▸ **WHAT TO DO**:
Copy out all lines from the entries below in which "without" occurs.

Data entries
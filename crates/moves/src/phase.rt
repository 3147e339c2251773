// How notices go with phases, which are numbers of 64 bits: bit n is set where the order or notice n is in force.
ghost use Rattle.std.specs.Prelude.{◌≡◌, Decides};
ghost use Rattle.model.specs.Phases.{Allows, without, after};

use text::line::{NoticeLine, Number};
use text::phase::{bit, contains};

// Whether the notice can be carried out in the phase.
pub fn allowed(notice: &NoticeLine, phase: u64) -> bool
    ensures { Decides result (Allows notice.now phase) }
{
    contains(phase, notice.number) && contains(phase, notice.loses)
}

// The phase without the number.
fn withdrawn(phase: u64, number: Number) -> u64
    ensures { result ≡ without phase number.value }
{
    phase ^ (phase & bit(number))
}

// The phase after a notice: it loses one number, and then it gains one.
#[tactic(auto, unfolding(model::specs::Phases::after))]
pub fn after_notice(phase: u64, notice: &NoticeLine) -> u64
    ensures { result ≡ after notice.now phase }
{
    withdrawn(phase, notice.loses) | bit(notice.gains)
}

▸ **EXERCISE OUTPUT**:
ghost use Rattle.model.specs.Phases.{Allows, without, after};
// The phase without the number.
    ensures { result ≡ without phase number.value }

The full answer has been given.